Banyak Kendala, KONI Lampung Minta Atlet Tetap Semangat

Bengkulu, BM – Persiapan yang kurang dalam pelaksanaan Porwil X Sumatera, menjadi catatan tersendiri bagi kontingen Provinsi Lampung.

Ketua Umum KONI Lampung, M Yusuf Barusman meminta, atlet berbagai cabang dari Lampung, tetap semangat menyelesaikan tugas mereka sebagai atlet.

“Dengan kendala yang ada, kami KONI Lampung terus mengupayakan langkah strategis mengatasi masalah yang kita hadapi di sini (Bengkulu, red),” imbuh Yusuf.

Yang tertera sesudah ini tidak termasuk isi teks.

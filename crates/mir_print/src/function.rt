ghost use Rattle.std.specs.Prelude.{◌≡◌, ◌++◌, ◌+◌, codes, suc, map, take, drop};
ghost use Rattle.mir_syntax.specs.Crate.{block_of, body_of, function_of};
ghost use Rattle.mir_syntax.specs.Tree.{at_id, trees_of};
ghost use Rattle.mir_text.specs.TypeText.{piece, type_text};
ghost use Rattle.mir_text.specs.PlaceText.{local_ty};
ghost use Rattle.mir_text.specs.TermText.{blocks_text};
ghost use Rattle.mir_text.specs.Text.{local_decl, more_args, args_text, args_of, others_of, let_line, lets_text, body_text, inline_text, drop_text, header_text, function_text};
ghost use Rattle.mir_print.specs.Seen.{crate_in, with_body};
ghost use Rattle.mir_print.specs.Prints.{Goes, at};

use crate::block::put_blocks;
use crate::output::Output;
use crate::place::put_local;
use crate::types::{put_name, put_type};
use mir_syntax::{Body, Function, Inline, Name, Program, TyId};
use pipe_io::Sink;

// A local and its type.
#[tactic(auto, using(crate::proofs::Printing::goes_then), unfolding(mir_text::specs::Text::local_decl))]
fn put_decl<K: Sink>(output: &mut Output, sink: &mut K, program: &Program, local: u128, ty: TyId)
    ensures { Goes (at (K.written sink.old) (K.faults sink.old) output.old)
        (at (K.written sink.new) (K.faults sink.new) output.new) (local_decl (crate_in program.now) local (at_id (trees_of program.now.types) ty)) }
{
    put_local(output, sink, local);
    output.put(sink, b": ");
    put_type(output, sink, program, ty);
}

#[tactic(auto, using(crate::proofs::Printing::goes_then))]
fn put_next_arg<K: Sink>(
    output: &mut Output,
    sink: &mut K,
    program: &Program,
    local: u128,
    ty: TyId,
)
    ensures { Goes (at (K.written sink.old) (K.faults sink.old) output.old)
        (at (K.written sink.new) (K.faults sink.new) output.new) (piece (codes ", ") ++ local_decl (crate_in program.now) local (at_id (trees_of program.now.types) ty)) }
{
    output.put(sink, b", ");
    put_decl(output, sink, program, local, ty);
}

// The arguments after the first one.
fn put_more_args<K: Sink>(output: &mut Output, sink: &mut K, program: &Program, types: &[TyId])
    ensures { Goes (at (K.written sink.old) (K.faults sink.old) output.old)
        (at (K.written sink.new) (K.faults sink.new) output.new) (more_args (crate_in program.now) 2 (map (at_id (trees_of program.now.types)) types.now)) }
{
    for (index, ty) in types.iter().enumerate() {
        put_next_arg(output, sink, program, index as u128 + 2, *ty);
    }
}

#[tactic(auto, using(crate::proofs::Printing::goes_then, crate::proofs::Printing::goes_nothing), unfolding(mir_text::specs::Text::args_text))]
fn put_args<K: Sink>(output: &mut Output, sink: &mut K, program: &Program, types: &[TyId])
    ensures { Goes (at (K.written sink.old) (K.faults sink.old) output.old)
        (at (K.written sink.new) (K.faults sink.new) output.new) (args_text (crate_in program.now) (map (at_id (trees_of program.now.types)) types.now)) }
{
    match types {
        [] => {}
        [first, others @ ..] => {
            put_decl(output, sink, program, 1, *first);
            put_more_args(output, sink, program, others);
        }
    }
}

#[tactic(auto, using(crate::proofs::Printing::goes_then), unfolding(mir_text::specs::Text::let_line))]
fn put_let<K: Sink>(output: &mut Output, sink: &mut K, program: &Program, local: u128, ty: TyId)
    ensures { Goes (at (K.written sink.old) (K.faults sink.old) output.old)
        (at (K.written sink.new) (K.faults sink.new) output.new) (let_line (crate_in program.now) local (at_id (trees_of program.now.types) ty)) }
{
    output.put(sink, b"    let mut ");
    put_decl(output, sink, program, local, ty);
    output.put(sink, b";\n");
}

// The lines of locals, the first of which has a number.
fn put_lets<K: Sink>(
    output: &mut Output,
    sink: &mut K,
    program: &Program,
    first: u64,
    types: &[TyId],
)
    ensures { Goes (at (K.written sink.old) (K.faults sink.old) output.old)
        (at (K.written sink.new) (K.faults sink.new) output.new) (lets_text (crate_in program.now) first (map (at_id (trees_of program.now.types)) types.now)) }
{
    for (index, ty) in types.iter().enumerate() {
        put_let(output, sink, program, first as u128 + index as u128, *ty);
    }
}

#[tactic(auto, using(crate::proofs::Printing::goes_nothing), unfolding(mir_text::specs::Text::inline_text))]
fn put_inline<K: Sink>(output: &mut Output, sink: &mut K, inline: Inline)
    ensures { Goes (at (K.written sink.old) (K.faults sink.old) output.old)
        (at (K.written sink.new) (K.faults sink.new) output.new) (inline_text inline) }
{
    match inline {
        Inline::Plain => {}
        Inline::Hint => output.put(sink, b"#[inline]\n"),
        Inline::Always => output.put(sink, b"#[inline(always)]\n"),
        Inline::Never => output.put(sink, b"#[inline(never)]\n"),
    }
}

#[tactic(auto, using(crate::proofs::Printing::goes_nothing), unfolding(mir_text::specs::Text::drop_text))]
fn put_drop<K: Sink>(output: &mut Output, sink: &mut K, is_drop: bool)
    ensures { Goes (at (K.written sink.old) (K.faults sink.old) output.old)
        (at (K.written sink.new) (K.faults sink.new) output.new) (drop_text is_drop) }
{
    if is_drop {
        output.put(sink, b"drop ");
    }
}

// The first ids, or all where there are fewer.
fn first_ids(ids: &[TyId], count: usize) -> &[TyId]
    ensures { result.now ≡ take count ids.now }
{
    &ids[..count.min(ids.len())]
}

// The ids behind the first ones.
fn later_ids(ids: &[TyId], count: usize) -> &[TyId]
    ensures { result.now ≡ drop count ids.now }
{
    &ids[count.min(ids.len())..]
}

fn put_args_of<K: Sink>(output: &mut Output, sink: &mut K, program: &Program, body: &Body)
    ensures { Goes (at (K.written sink.old) (K.faults sink.old) output.old)
        (at (K.written sink.new) (K.faults sink.new) output.new) (args_text (crate_in program.now) (args_of (body_of (trees_of program.now.types) body.now))) }
{
    let later = later_ids(body.locals.as_slice(), 1);
    put_args(output, sink, program, first_ids(later, body.args as usize));
}

fn put_others_of<K: Sink>(output: &mut Output, sink: &mut K, program: &Program, body: &Body)
    ensures { Goes (at (K.written sink.old) (K.faults sink.old) output.old)
        (at (K.written sink.new) (K.faults sink.new) output.new) (lets_text (crate_in program.now) (suc body.now.args) (others_of (body_of (trees_of program.now.types) body.now))) }
{
    let first = body.args as u64 + 1;
    put_lets(
        output,
        sink,
        program,
        first,
        later_ids(body.locals.as_slice(), first as usize),
    );
}

// The type of `_0`.
fn put_result_ty<K: Sink>(output: &mut Output, sink: &mut K, program: &Program, body: &Body)
    ensures { Goes (at (K.written sink.old) (K.faults sink.old) output.old)
        (at (K.written sink.new) (K.faults sink.new) output.new) (type_text (crate_in program.now) (local_ty (map (at_id (trees_of program.now.types)) body.now.locals) 0)) }
{
    match body.locals.get(0) {
        Some(ty) => put_type(output, sink, program, *ty),
        None => output.put(sink, b"()"),
    }
}

#[tactic(auto, using(crate::proofs::Printing::goes_then), unfolding(mir_text::specs::Text::local_decl))]
fn put_result_decl<K: Sink>(output: &mut Output, sink: &mut K, program: &Program, body: &Body)
    ensures { Goes (at (K.written sink.old) (K.faults sink.old) output.old)
        (at (K.written sink.new) (K.faults sink.new) output.new) (local_decl (crate_in program.now) 0 (local_ty (map (at_id (trees_of program.now.types)) body.now.locals) 0)) }
{
    put_local(output, sink, 0);
    output.put(sink, b": ");
    put_result_ty(output, sink, program, body);
}

#[tactic(auto, using(crate::proofs::Printing::goes_then), unfolding(mir_text::specs::Text::let_line))]
fn put_result_let<K: Sink>(output: &mut Output, sink: &mut K, program: &Program, body: &Body)
    ensures { Goes (at (K.written sink.old) (K.faults sink.old) output.old)
        (at (K.written sink.new) (K.faults sink.new) output.new) (let_line (crate_in program.now) 0 (local_ty (map (at_id (trees_of program.now.types)) body.now.locals) 0)) }
{
    output.put(sink, b"    let mut ");
    put_result_decl(output, sink, program, body);
    output.put(sink, b";\n");
}

#[tactic(auto, using(crate::proofs::Printing::goes_then), unfolding(mir_text::specs::Text::header_text))]
fn put_header<K: Sink>(
    output: &mut Output,
    sink: &mut K,
    program: &Program,
    path: &Name,
    body: &Body,
)
    ensures { Goes (at (K.written sink.old) (K.faults sink.old) output.old)
        (at (K.written sink.new) (K.faults sink.new) output.new) (header_text (crate_in program.now) path.now (body_of (trees_of program.now.types) body.now)) }
{
    output.put(sink, b"fn ");
    put_name(output, sink, path);
    output.put(sink, b"(");
    put_args_of(output, sink, program, body);
    output.put(sink, b") -> ");
    put_result_ty(output, sink, program, body);
    output.put(sink, b" {\n");
}

fn put_blocks_of<K: Sink>(output: &mut Output, sink: &mut K, program: &Program, body: &Body)
    ensures { Goes (at (K.written sink.old) (K.faults sink.old) output.old)
        (at (K.written sink.new) (K.faults sink.new) output.new) (blocks_text (crate_in program.now) (map (at_id (trees_of program.now.types)) body.now.locals) 0 (map (block_of (trees_of program.now.types)) body.now.blocks)) }
{
    put_blocks(
        output,
        sink,
        program,
        body.locals.as_slice(),
        body.blocks.as_slice(),
    );
}

#[tactic(auto, using(crate::proofs::Printing::goes_then), unfolding(mir_text::specs::Text::body_text))]
fn put_body<K: Sink>(output: &mut Output, sink: &mut K, program: &Program, body: &Body)
    ensures { Goes (at (K.written sink.old) (K.faults sink.old) output.old)
        (at (K.written sink.new) (K.faults sink.new) output.new) (body_text (crate_in program.now) (body_of (trees_of program.now.types) body.now)) }
{
    put_result_let(output, sink, program, body);
    put_others_of(output, sink, program, body);
    put_blocks_of(output, sink, program, body);
}

/// Prints a function with a body.
#[tactic(auto, using(crate::proofs::Printing::goes_then), unfolding(mir_text::specs::Text::function_text))]
pub fn put_function<K: Sink>(
    output: &mut Output,
    sink: &mut K,
    program: &Program,
    function: &Function,
    body: &Body,
)
    ensures { Goes (at (K.written sink.old) (K.faults sink.old) output.old)
        (at (K.written sink.new) (K.faults sink.new) output.new) (function_text (crate_in program.now) (with_body (function_of (trees_of program.now.types) function.now) (body_of (trees_of program.now.types) body.now))) }
{
    put_inline(output, sink, function.inline);
    put_drop(output, sink, function.is_drop);
    put_header(output, sink, program, &function.path, body);
    put_body(output, sink, program, body);
    output.put(sink, b"}\n");
}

Kendala itu, terutama terkait konsumsi atlet. “Atlet butuh asupan 1.000 kalori. Tapi yang tersedia dari panitia, hanya 300 kalori,” kata Yusuf saat ramah tamah tali asih bersama awak media Lampung dan para atlet Lampung, di Rumah Makan Kampung Pesisir Pantai Panjang, Minggu (3/11/2019) malam.

Kendala konsumsi ini, akhirnya diatasi dengan menyuplai langsung makanan, yang disiapkan oleh KONI Lampung.

“Tim ahli gizi dari KONI Lampung, langsung mengatasi masalah tersebut dengan menyediakan konsumsi sendiri, untuk atlet Lampung,” jelas Yusuf kepada awak media dari Lampung, yang banyak mendapat laporan ketidaksiapan panitia Porwil X terkait konsumsi atlet mereka.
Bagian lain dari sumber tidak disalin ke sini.